| Action item |
Whenever a line contains "tests", include it in the count; reply with the number of such lines in the data and nothing else.

| Extracted data |
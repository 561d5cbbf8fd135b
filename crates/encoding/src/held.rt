// A plan's and a state's words read where they stand: their numbers by value. The words of gates and nodes stay in place, to be
// lent to what is asked of a plan and of a state in parts.
ghost use Rattle.std.specs.Prelude.{◌≡◌, ◌≤◌, length};
ghost use Rattle.encoding.specs.Encoding.{counts_at, plan_length, state_length};
ghost use Rattle.encoding.specs.Holding.{held_at, held_with, marks_read, outline_there, outlined, outlined_at};

use crate::encoding::{
    COUNT_AT, COUNTS_FROM, PHASE_AT, PLAN_WORDS, STATE_WORDS, TAIL_FROM, USED_FROM, lookup_fits,
};
use columns::take::{Counts, NEVER};
use parameters::parameters::parameters_at;
use selector::{MOST_GATES, Marks};
use tree::plan::{Outline, Told};

// What words hold as a state: the outline of its plan, where there are as many words as a state has and some lookup
// mode's among them; the counts, all 0 where there are not as many.
#[derive(Clone, Copy)]
pub struct Held {
    pub outline: Option<Outline>,
    pub counts: Counts,
}

// The outline that the words of a plan hold, or those in front of a state, with some lookup mode's words among them.
fn outline_at(words: &[u64]) -> Option<Outline>
    requires { plan_length ≤ length words.now }
    ensures { outlined result ≡ outline_there words.now }
{
    let parameters = parameters_at(words);
    if !lookup_fits(parameters.mode, parameters.width, parameters.share) {
        return None;
    }
    let lookup = parameters.lookup();
    let told = Told {
        degree: words[TAIL_FROM + 1],
        constants: words[TAIL_FROM + 2],
        factor: words[TAIL_FROM + 3],
    };
    Some(Outline {
        trace: parameters.trace,
        copy: parameters.copy,
        allowed: parameters.allowed,
        specialised: parameters.specialised,
        variables: parameters.variables,
        lookup,
        gate_count: words[COUNT_AT],
        node_count: words[TAIL_FROM],
        told,
    })
}

// The outline that words hold as a plan.
#[tactic(auto, unfolding(crate::specs::Holding::outlined_at))]
pub fn outlined_at(words: &[u64]) -> Option<Outline>
    ensures { outlined result ≡ outlined_at words.now }
{
    if words.len() != PLAN_WORDS {
        return None;
    }
    outline_at(words)
}

// The counts of a state's words.
fn counts_at(words: &[u64]) -> Counts
    requires { length words.now ≡ state_length }
    ensures { result ≡ counts_at words.now }
{
    Counts {
        rows: words[COUNTS_FROM],
        s_words: words[COUNTS_FROM + 1],
        cells: words[COUNTS_FROM + 2],
        tables: words[COUNTS_FROM + 3],
        table_rows: words[COUNTS_FROM + 4],
        phase: words[PHASE_AT],
    }
}

// What words hold as a state.
#[tactic(auto, unfolding(crate::specs::Holding::held_at))]
pub fn held_at(words: &[u64]) -> Held
    ensures { held_with (outlined result.outline) result.counts ≡ held_at words.now }
{
    if words.len() != STATE_WORDS {
        let none = Counts {
            rows: 0,
            s_words: 0,
            cells: 0,
            tables: 0,
            table_rows: 0,
            phase: NEVER,
        };
        return Held {
            outline: None,
            counts: none,
        };
    }
    Held {
        outline: outline_at(words),
        counts: counts_at(words),
    }
}

// The marks of a state's words; of another number of words zeros.
pub fn marks_of(words: &[u64]) -> Marks
    ensures { result ≡ marks_read words.now }
{
    let mut used = [0; MOST_GATES];
    if words.len() == STATE_WORDS {
        used.copy_from_slice(&words[USED_FROM..PHASE_AT]);
    }
    used
}
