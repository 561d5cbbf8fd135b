// Plans: the test for a made-up plan, paths, what rows need of the gates, and the table-id index, each of a plan's parts; the same of a plan by value.
ghost use Rattle.std.specs.Prelude.{◌≡◌, None, Ok};
ghost use Rattle.refusal.specs.Refusal.{answer_number, answer_or};
ghost use Rattle.tree.specs.Answers.{column_count, column_index, rows_told, selection_told};
ghost use Rattle.tree.specs.Selection.{selection_length};
ghost use Rattle.tree.specs.Plan.{no_rows, zero_plan, parameters_in, outline_of, parts_plan, plan_fault, path_answer, gate_rows_answer, table_id_answer};

use crate::gate_rows::{GateRows, blocked_by, list_gates};
use crate::made_up::nodes_fit;
use crate::paths::{Path, all_placements, output_placement};
use crate::refusals::{check_gates, extra_of};
use parameters::lookup::LookupParameters;
use parameters::parameters::Parameters;
use refusal::Refusal;
use selector::{GATE_SLOTS, GATE_WORDS, GateSlots, MOST_GATES, MOST_LEVELS, NODE_SLOTS, Nodes};

// Parameters, lookup mode, gates, and the tree in preorder, three words a node; D, K and F. Unused words are 0 in a plan that planning made.
#[derive(Clone, Copy)]
pub struct Plan {
    pub trace: u64,
    pub copy: u64,
    pub allowed: u64,
    pub specialised: u64,
    pub variables: u64,
    pub lookup: LookupParameters,
    pub gates: GateSlots,
    pub gate_count: u64,
    pub nodes: Nodes,
    pub node_count: u64,
    pub degree: u64,
    pub constants: u64,
    pub factor: u64,
}

// What a plan says of its tree: D, K and F.
#[derive(Clone, Copy)]
pub struct Told {
    pub degree: u64,
    pub constants: u64,
    pub factor: u64,
}

// A plan without its words of gates and nodes, which are lent beside it.
#[derive(Clone, Copy)]
pub struct Outline {
    pub trace: u64,
    pub copy: u64,
    pub allowed: u64,
    pub specialised: u64,
    pub variables: u64,
    pub lookup: LookupParameters,
    pub gate_count: u64,
    pub node_count: u64,
    pub told: Told,
}

// A plan in parts: the words of its gates and nodes are lent, so that a caller who holds them hands over no copy of nine kilobytes.
#[derive(Clone, Copy)]
pub struct Parts<'a> {
    pub outline: Outline,
    pub gates: &'a [u64],
    pub nodes: &'a [u64],
}

impl Outline {
    // The parameter words of a plan.
    pub fn parameters(self) -> Parameters
        ensures { result ≡ parameters_in self }
    {
        let lookup = self.lookup;
        Parameters {
            trace: self.trace,
            copy: self.copy,
            allowed: self.allowed,
            specialised: self.specialised,
            variables: self.variables,
            mode: lookup.mode(),
            width: lookup.lookup_width(),
            share: u64::from(lookup.share_table_id()),
        }
    }
}

// A path's length, 0 where there is no selector.
fn length_of(path: Option<Path>) -> u64
    ensures { result ≡ selection_length (selection_told (Ok path)) }
{
    path.map_or(0, |path| path.length)
}

impl<'a> Parts<'a> {
    // A made-up plan: 19.
    #[tactic(auto, using(crate::proofs::TestLaws::tests), unfolding(crate::specs::Plan::plan_fault))]
    pub fn fault(self) -> Result<(), Refusal>
        ensures { answer_number result ≡ plan_fault (parts_plan self.entry) }
    {
        let outline = self.outline;
        let parameters = outline.parameters();
        let gate_count = outline.gate_count;
        if parameters.check().is_err() || gate_count < 1 || (MOST_GATES as u64) < gate_count {
            return Err(Refusal::MadeUp);
        }
        let many = gate_count as usize;
        let end = many * GATE_WORDS;
        if self.gates.len() < end || self.nodes.len() < NODE_SLOTS {
            return Err(Refusal::MadeUp); // a plan's own arrays are never too short, slices may be
        }
        let words = &self.gates[..end];
        if check_gates(words, many, parameters.mode, parameters.allowed).is_err() {
            return Err(Refusal::MadeUp);
        }
        let extra = extra_of(parameters.mode);
        let count = outline.node_count as usize;
        if nodes_fit(words, self.nodes, many, count, extra, outline.told) {
            Ok(())
        } else {
            Err(Refusal::MadeUp)
        }
    }

    // What rows need of each gate: one test of the plan, and one walk of its tree.
    pub fn rows(self) -> Result<GateRows, Refusal>
        ensures number { answer_number result ≡ (gate_rows_answer (parts_plan self.entry)).number }
        ensures rows { answer_or no_rows result ≡ rows_told (gate_rows_answer (parts_plan self.entry)) }
    {
        self.fault()?; // a made-up plan has no rows
        let mut bits = [0; MOST_GATES];
        let mut steps = [0; MOST_GATES];
        let count = self.outline.node_count as usize;
        all_placements(
            self.nodes,
            count,
            0,
            0,
            1,
            0,
            MOST_LEVELS,
            &mut bits,
            &mut steps,
        );
        let many = self.outline.gate_count;
        let blocked = blocked_by(self.gates, many as usize, &bits);
        let mut barred = [0; MOST_GATES];
        let mut own = [0; MOST_GATES];
        let lookup = self.outline.lookup;
        let extra = extra_of(lookup.mode());
        list_gates(
            self.gates,
            many as usize,
            extra,
            blocked,
            &mut barred,
            &mut own,
        );
        Ok(GateRows {
            many,
            bits,
            steps,
            barred,
            own,
        })
    }

    // The path of a gate, or none of a dropped one, which has no selector; 19 first, then 12 for a gate that is not known.
    pub fn path(self, gate: u64) -> Result<Option<Path>, Refusal>
        ensures number { answer_number result ≡ (path_answer (parts_plan self.entry) gate).number }
        ensures selection { selection_told result ≡ (path_answer (parts_plan self.entry) gate).selection }
    {
        self.fault()?; // 19 comes first
        if self.outline.gate_count <= gate {
            return Err(Refusal::RowRecord);
        }
        let count = self.outline.node_count as usize;
        Ok(output_placement(self.nodes, count, 0, gate, MOST_LEVELS))
    }

    // The index of the table-id column: in mode 2 the lookup path's length, in mode 4 K, else there is none. 19 first.
    #[tactic(auto, using(crate::proofs::TestLaws::tests, crate::proofs::PlanCodeLaws::no_fault, crate::proofs::PlanCodeLaws::lookup_index), unfolding(crate::specs::Plan::table_id_answer))]
    pub fn table_id(self) -> Result<Option<u64>, Refusal>
        ensures number { answer_number result ≡ (table_id_answer (parts_plan self.entry)).number }
        ensures count { column_count (answer_or None result) ≡ (table_id_answer (parts_plan self.entry)).count }
        ensures index { column_index (answer_or None result) ≡ (table_id_answer (parts_plan self.entry)).index }
    {
        let path = self.path(0)?;
        Ok(match self.outline.lookup {
            LookupParameters::TableIdAsConstant { .. } => Some(length_of(path)),
            LookupParameters::UseSpecializedColumnsWithTableIdAsConstant { .. } => Some(
                self.outline.told.constants,
            ),
            _ => None,
        })
    }
}

impl Plan {
    // The plan of zeros, which functions over words write after a refusal.
    pub fn zero() -> Self
        ensures { result ≡ zero_plan }
    {
        Plan {
            trace: 0,
            copy: 0,
            allowed: 0,
            specialised: 0,
            variables: 0,
            lookup: LookupParameters::NoLookup,
            gates: [0; GATE_SLOTS],
            gate_count: 0,
            nodes: [0; NODE_SLOTS],
            node_count: 0,
            degree: 0,
            constants: 0,
            factor: 0,
        }
    }

    // The plan without its words of gates and nodes.
    pub fn outline(self) -> Outline
        ensures { result ≡ outline_of self }
    {
        let told = Told {
            degree: self.degree,
            constants: self.constants,
            factor: self.factor,
        };
        Outline {
            trace: self.trace,
            copy: self.copy,
            allowed: self.allowed,
            specialised: self.specialised,
            variables: self.variables,
            lookup: self.lookup,
            gate_count: self.gate_count,
            node_count: self.node_count,
            told,
        }
    }

    // The plan in parts.
    pub fn parts(&self) -> Parts<'_>
        ensures { parts_plan result ≡ self.now }
    {
        Parts {
            outline: self.outline(),
            gates: &self.gates,
            nodes: &self.nodes,
        }
    }

    // A made-up plan: 19.
    pub fn fault(self) -> Result<(), Refusal>
        ensures { answer_number result ≡ plan_fault self }
    {
        self.parts().fault()
    }

    // What is answered of a gate.
    pub fn path(self, gate: u64) -> Result<Option<Path>, Refusal>
        ensures number { answer_number result ≡ (path_answer self gate).number }
        ensures selection { selection_told result ≡ (path_answer self gate).selection }
    {
        self.parts().path(gate)
    }

    // The index of the table-id column.
    pub fn table_id(self) -> Result<Option<u64>, Refusal>
        ensures number { answer_number result ≡ (table_id_answer self).number }
        ensures count { column_count (answer_or None result) ≡ (table_id_answer self).count }
        ensures index { column_index (answer_or None result) ≡ (table_id_answer self).index }
    {
        self.parts().table_id()
    }
}
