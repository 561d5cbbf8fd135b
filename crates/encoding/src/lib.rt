// Plans and states as words, for callers that hold them in buffers.
#![tactic(auto)]

pub mod encoding;
pub mod held;
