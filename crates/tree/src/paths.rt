// The path of a gate in a plan's nodes, and those of all gates.
ghost use Rattle.std.specs.Prelude.{◌≡◌, ℕ, ◌+◌, ◌^◌, ◌≤◌, ◌<◌, IfSome, length};
ghost use Rattle.std.proofs.Math.Option.{some};
ghost use Rattle.selector.specs.Tree.{Tree};
ghost use Rattle.selector.specs.Paths.{path_to};
ghost use Rattle.selector.specs.Nodes.{tree_at, most_nodes, node_slots, most_levels};
ghost use Rattle.selector.specs.Walk.{Links};
ghost use Rattle.tree.specs.Placements.{spelled, path_words, placed};

use selector::{MOST_GATES, Marks, NODE_WORDS};

// The steps from the root to a gate: bit i of `bits`, from the least, is step i.
#[derive(Clone, Copy)]
pub struct Path {
    pub bits: u64,
    pub length: u64,
}

// The path from a node to a gate, at most `levels` deep.
pub(crate) fn output_placement(
    nodes: &[u64],
    count: usize,
    at: usize,
    gate: u64,
    levels: u64,
) -> Option<Path>
    requires links { Links nodes.now count }
    requires at_lt_count { (at < count) × (count ≤ most_nodes) × (levels ≤ most_levels) × (node_slots ≤ length nodes.now) }
    ensures value { (t : Tree) → tree_at levels nodes.now at ≡ some t → result ≡ spelled (path_to gate t) }
    ensures bits_bound { IfSome result (λ path. (path.bits < 2 ^ levels) × (path.length ≤ levels)) }
{
    if levels == 0 {
        return None;
    }
    let left = nodes[at * NODE_WORDS] as usize;
    if left == 0 {
        return if gate == nodes[at * NODE_WORDS + 2] {
            Some(Path { bits: 0, length: 0 })
        } else {
            None
        };
    }
    if let Some(path) = output_placement(nodes, count, left, gate, levels - 1) {
        return Some(Path {
            bits: path.bits * 2 + 1,
            length: path.length + 1,
        });
    }
    let right = nodes[at * NODE_WORDS + 1] as usize;
    let path = output_placement(nodes, count, right, gate, levels - 1)?;
    Some(Path {
        bits: path.bits * 2,
        length: path.length + 1,
    })
}

// The path of each gate at a leaf below a node, at most `levels` deep, is written. `path` and `depth` are the bits and the length of the node's own path, and
// `weight`, 2 to the depth, is what a step to the left adds. The right side comes first, so that of two leaves of one gate the left one's path stays, as `output_placement` finds it.
pub(crate) fn all_placements(
    nodes: &[u64],
    count: usize,
    at: usize,
    path: u64,
    weight: u64,
    depth: u64,
    levels: u64,
    bits: &mut Marks,
    lengths: &mut Marks,
)
    requires links { Links nodes.now count }
    requires at_lt_count { (at < count) × (count ≤ most_nodes) × (path < weight) × (weight ≡ 2 ^ depth) × (depth + levels ≤ most_levels) × (node_slots ≤ length nodes.now) }
    ensures { (t : Tree) → tree_at levels nodes.now at ≡ some t → path_words bits.new lengths.new ≡ placed t path weight depth (path_words bits.old lengths.old) }
{
    if levels == 0 {
        return;
    }
    let left = nodes[at * NODE_WORDS] as usize;
    if left == 0 {
        let gate = nodes[at * NODE_WORDS + 2] as usize;
        // a tree that passed the test for a made-up plan has no other gate
        if gate < MOST_GATES {
            bits[gate] = path;
            lengths[gate] = depth;
        }
        return;
    }
    let right = nodes[at * NODE_WORDS + 1] as usize;
    all_placements(
        nodes,
        count,
        right,
        path,
        weight * 2,
        depth + 1,
        levels - 1,
        bits,
        lengths,
    );
    all_placements(
        nodes,
        count,
        left,
        path + weight,
        weight * 2,
        depth + 1,
        levels - 1,
        bits,
        lengths,
    );
}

| The answer |
2